People love dualities. Right and wrong. Good and bad. Left and right. North and south. East and west. Up and down. Black and white. Democrats and Republicans. Crips and Bloods. Cubs and White Sox. In each of these cases there can only be one.
The Crosstown Classic is my favorite part of baseball season. Two weekends. Six games. One long season of bragging rights. The whole concept of the White Sox playing the Cubs is genius and the fans love it. It has the energy of a small town high school rivalry game — but at the big league level. All the local news channels cover the game. The Wrigleyville bars are packed; tailgating at The Cell is an all-day experience. Fans leave work early to prepare for a long day of cheering and drinking. It’s like Opening Day in the summer. No matter how bad the teams are it’s always a big deal.
I am one of the rare individuals that switched allegiances. That’s right, you read that correctly. I was once a Cubs fan and am now a White Sox fan. Before you fill the air with expletives and punch your coworker — wondering how the hell this is possible — please continue reading.
I grew up a Cubs fan in a Cubs house. My dad was a Cubs fan and turned my mom into a Cubs fan (although her father — my grandfather — is a die-hard Sox fan). As a kid, we went to Wrigley, sat in the bleachers, and cheered the shitty Cubs. Ryne Sandberg and Andre Dawson posters lined my bedroom. My friends and I spent millions of hours arguing over who was better: Mark Grace vs. Frank Thomas; Sammy Sosa vs. Magglio Ordonez; Harry Carray vs. Hawk Harrelson; Wrigley vs. Comiskey. You name it, we argued it. I bled Cubby blue. Then 2003 happened.
We all remember the 2003 NLCS. Cubs go up three games to two against the Florida Marlins, with Games 6 and 7 at Wrigley. Surely, the Cubs could win one more game — especially with Mark Prior and Kerry Wood scheduled to pitch–and be in their first World Series in almost 100 years. The pennant was all but won! This was the year! It’s Gonna Happen! In Dusty We Trusty! Screw you, billy goat!
But, the Cubs lost Game 6 in the famous Bartman game. Then they lost Game 7. The expansion Florida Marlins would go on to win the World Series, their second since becoming a franchise in 1993. Of all years, 2003 was the year. And it still did not happen. The Florida Marlins (?!?) had two World Series rings, and the Cubs had shit. As a fan, I was crushed. Devastated. Sickened. Furious. Numb. After Game 7, I walked through my parents neighborhood to clear my head. My thoughts led to one conclusion: I was done. This abusive relationship was over. I quit the Cubs.

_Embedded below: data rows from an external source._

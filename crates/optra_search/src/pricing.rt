//! Pricing a node that is not dead: its price path, repair, and what becomes of it.
ghost use Rattle.std.specs.Prelude.{◌≡◌, ◌+◌, ◌<◌, ◌≤◌, ◌≤ℤ◌, ◌<ℤ◌, ◌-◌, ◌^◌, None, length, All, Contains, IfOk, OnOk, MatchBool, unwrap_or};
ghost use Rattle.optra_walk.specs.Choices.{IsChoice, revenue_of};
ghost use Rattle.optra_node.specs.Nodes.{IsNode};
ghost use Rattle.optra_node.specs.Duals.{whole_cents};
ghost use Rattle.optra_prices.specs.Courses.{replies_at};
ghost use Rattle.optra_prices.specs.Deads.{IsDeadAs};
ghost use Rattle.optra_prices.specs.Keepings.{AreKept, AreKeptAt};
ghost use Rattle.optra_prices.specs.Paths.{IsPathResult};
ghost use Rattle.optra_prices.specs.Steps.{AreProper};
ghost use Rattle.optra_search.specs.Planner.{IsBetter};
ghost use Rattle.optra_search.specs.Marks.{AreSettled};
ghost use Rattle.optra_search.specs.Openings.{front, start_below, IsOutcome};
ghost use Rattle.optra_search.specs.Searches.{IsReached, IsEntered};
ghost use Rattle.optra_search.specs.Reached.{parts_of};

use crate::Repairer;
use crate::entered::Entered;
use crate::means::Means;
use crate::searching::{Search, close_or_split, start_of};
use crate::settling::{better, whole_cents, zero_prices};
use crate::splitting::split_leg;
use optra_graph::Graphs;
use optra_network::{Cents, NoMemory};
use optra_node::{Node, Prices};
use optra_prices::keeping::price_path_over;
use optra_prices::overfull::overfull_rows;
use optra_prices::{ArcTables, Dual, PathEnds, Priced};
use optra_walk::{Choice, Instance, Leg, RowFamily};
use std::alloc::Global;

/// Whether a dual value in whole cents, rounded down, is at most the revenue.
fn is_low(value: i128, revenue: Cents) -> bool
    ensures { MatchBool result (whole_cents value ≤ℤ revenue) (revenue <ℤ whole_cents value) }
{
    whole_cents(value) <= i128::from(revenue)
}

/// The leg on which the search's node is split, by its dual value and replies at the result of its price path, at which
/// the tables are. `None` where the dual value in whole cents, rounded down, is at most the revenue: then the node becomes
/// a leaf.
fn outcome<F: RowFamily, G: Graphs>(
    alloc: Global,
    inst: Instance<'_>,
    graphs: &G,
    rows: &F,
    kept: &mut ArcTables<'_, F::Row>,
    dual: &Dual,
    search: &Search<F::Row>,
) -> Result<Option<(u32, Leg)>, NoMemory>
    requires network { G.network graphs.now ≡ inst.net.now }
    requires held { All (λ bid. Contains (G.held graphs.now) bid.path) inst.bids.now }
    requires node { IsNode inst.net.now (length inst.bids.now) search.now.node }
    requires kept { AreKeptAt F.Row.cmp inst.net.now (F.rows_of rows.now inst.net.now)
        (F.rows_used rows.now inst.net.now) inst.bids.now search.now.node kept.old }
    requires stand { dual.now.replies ≡ replies_at kept.old }
    requires replies { IsChoice inst.net.now inst.bids.now dual.now.replies }
    requires closes { AreSettled inst.net.now (F.rows_of rows.now inst.net.now) inst.bids.now
        search.now.node → whole_cents dual.now.value ≤ℤ search.now.revenue }
    ensures outcome { IfOk result (λ split. IsOutcome inst.entry.net.now
        (F.rows_of rows.now inst.entry.net.now) inst.entry.bids.now search.now.node dual.now
        search.now.revenue split) }
    ensures kept { OnOk result (AreKeptAt F.Row.cmp inst.entry.net.now
        (F.rows_of rows.now inst.entry.net.now) (F.rows_used rows.now inst.entry.net.now)
        inst.entry.bids.now search.now.node kept.new) }
{
    if is_low(dual.value, search.revenue) {
        return Ok(None);
    }
    let node = &search.node;
    let listed = overfull_rows(alloc, inst, rows, node, kept)?;
    let found = split_leg(alloc, inst, graphs, rows, node, &dual.replies, &listed)?;
    Ok(found)
}

/// The result of the price path of the node that was entered, at whose prices the tables of arcs stay.
fn path_result<F: RowFamily>(
    alloc: Global,
    inst: Instance<'_>,
    rows: &F,
    steps: u32,
    kept: &mut ArcTables<'_, F::Row>,
    search: &Search<F::Row>,
    start: &Option<Prices<F::Row>>,
) -> Result<Priced<F::Row>, NoMemory>
    requires node { IsNode inst.net.now (length inst.bids.now) search.now.node }
    requires kept { AreKeptAt F.Row.cmp inst.net.now (F.rows_of rows.now inst.net.now)
        (F.rows_used rows.now inst.net.now) inst.bids.now search.now.node kept.old }
    requires start { AreProper F.Row.cmp (F.rows_of rows.now inst.net.now)
        (unwrap_or start.now (start_below (front search.now.waiting.items))) }
    ensures path { IfOk result (IsPathResult F.Row.cmp inst.entry.net.now
        (F.rows_of rows.now inst.entry.net.now) inst.entry.bids.now search.now.node
        (unwrap_or start.now (start_below (front search.now.waiting.items))) steps
        search.now.revenue) }
    ensures kept { OnOk result (AreKeptAt F.Row.cmp inst.entry.net.now
        (F.rows_of rows.now inst.entry.net.now) (F.rows_used rows.now inst.entry.net.now)
        inst.entry.bids.now search.now.node kept.new) }
    ensures replies { IfOk result (λ priced. priced.dual.replies ≡ replies_at kept.new) }
{
    let zero = zero_prices(alloc);
    let from = start_of(start, &search.waiting, &zero);
    let ends = PathEnds { start: from, steps };
    let priced = price_path_over(alloc, inst, rows, &search.node, kept, &ends, search.revenue)?;
    Ok(priced)
}

/// Counts the node, and takes the repaired choice as the incumbent where it earns more.
fn improve<R>(inst: Instance<'_>, search: Search<R>, repaired: Choice) -> Search<R>
    requires earned { search.revenue ≡ revenue_of inst.net.now inst.bids.now search.incumbent }
    requires choice { IsChoice inst.net.now inst.bids.now repaired }
    requires room { search.count < 2 ^ 64 - 1 }
    ensures parts { parts_of result
        ≡ record (parts_of search)
        { incumbent = result.incumbent; revenue = result.revenue; count = search.count + 1 } }
    ensures better { IsBetter inst.entry.net.now inst.entry.bids.now search.incumbent repaired
        result.incumbent }
    ensures earned { result.revenue ≡ revenue_of inst.entry.net.now inst.entry.bids.now
        result.incumbent }
{
    let Search {
        node,
        waiting,
        items,
        incumbent,
        revenue,
        bound,
        count,
    } = search;
    let (incumbent, revenue) = better(inst.net, inst.bids, incumbent, revenue, repaired);
    Search {
        node,
        waiting,
        items,
        incumbent,
        revenue,
        bound,
        count: count + 1,
    }
}

/// The turn of an entered node that is not dead. Its price path runs from its start prices with the incumbent's revenue,
/// repair may better the incumbent, and the node becomes a leaf or is split.
pub(crate) fn price_node<F: RowFamily, G: Graphs, P: Repairer<F, G>>(
    alloc: Global,
    inst: Instance<'_>,
    rows: &F,
    means: &Means<'_, G, P>,
    kept: &mut ArcTables<'_, F::Row>,
    search: Search<F::Row>,
    start: Option<Prices<F::Row>>,
) -> Result<Search<F::Row>, NoMemory>
    requires network { G.network means.now.graphs.now ≡ inst.net.now }
    requires held { All (λ bid. Contains (G.held means.now.graphs.now) bid.path) inst.bids.now }
    requires kept { AreKeptAt F.Row.cmp inst.net.now (F.rows_of rows.now inst.net.now)
        (F.rows_used rows.now inst.net.now) inst.bids.now search.node kept.old }
    requires entered { IsEntered F.Row.cmp inst.net.now (F.rows_of rows.now inst.net.now)
        inst.bids.now means.now.limits.steps means.now.limits.budget start (parts_of search) }
    requires lives { IsDeadAs F.Row.cmp inst.net.now (F.rows_of rows.now inst.net.now) inst.bids.now
        search.node None }
    ensures reached { IfOk result (λ after. IsReached F.Row.cmp inst.entry.net.now
        (F.rows_of rows.now inst.entry.net.now) inst.entry.bids.now means.now.limits.steps
        means.now.limits.budget (parts_of after)) }
    ensures count { IfOk result (λ after. after.count ≡ search.count + 1) }
    ensures kept { OnOk result (AreKept F.Row.cmp inst.entry.net.now
        (F.rows_of rows.now inst.entry.net.now) (F.rows_used rows.now inst.entry.net.now)
        inst.entry.bids.now kept.new) }
{
    let priced = path_result(alloc, inst, rows, means.limits.steps, kept, &search, &start)?;
    let Priced { prices, dual } = priced;
    let repairer = means.repairer;
    let entered = Entered {
        node: &search.node,
        graphs: means.graphs,
        kept,
    };
    let repaired = repairer.repair_over(alloc, inst, rows, &entered, &dual)?;
    let search = improve(inst, search, repaired);
    let split = outcome(alloc, inst, means.graphs, rows, kept, &dual, &search)?;
    let cents = whole_cents(dual.value);
    let after = close_or_split(search, split, prices, cents)?;
    Ok(after)
}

I was a free agent fan for a couple years — watching baseball, but not really cheering for anyone. When Ozzie Guilen was hired by the White Sox in 2004, I will admit, I started watching more Sox games. I liked Ozzie as a player and thought the South Side needed his energy. Plus, on any given night, Ozzie might get ejected or have a hilarious press conference (or both). He could have a blowup with an umpire that was must-see TV. In a town that cherishes fiery coaching personalities, Ozzie was the Spanglish-cursing version of Mike Ditka.
When the Sox won it all in 2005, Ozzie accomplished what no one had done in Chicago for 88 years — bringing a World Series to the South Side. While I did not consider myself to be a Sox fan, (24 years of being a Cub fan is not easily forgotten) this “crazy Mexican” made the Sox fun to watch and nationally relevant. I refused to be a bandwagon jumper, but the Sox had an attractive program. Would I dare switch allegiances?
My transformation to the dark side was complete when I signed a White Sox contract in 2007. It was clear the universe wanted me on the South Side. It was ultra legit when I went out and bought my first ever White Sox hat, at the age of 27. While half my buddies called me a traitor and other unprintable names, the other half treated me like I was the greatest free agent pickup of all time. Now, I live in Bridgeport and take my daughter to Sox games. And that is the story of how I crossed over to the Sox Side.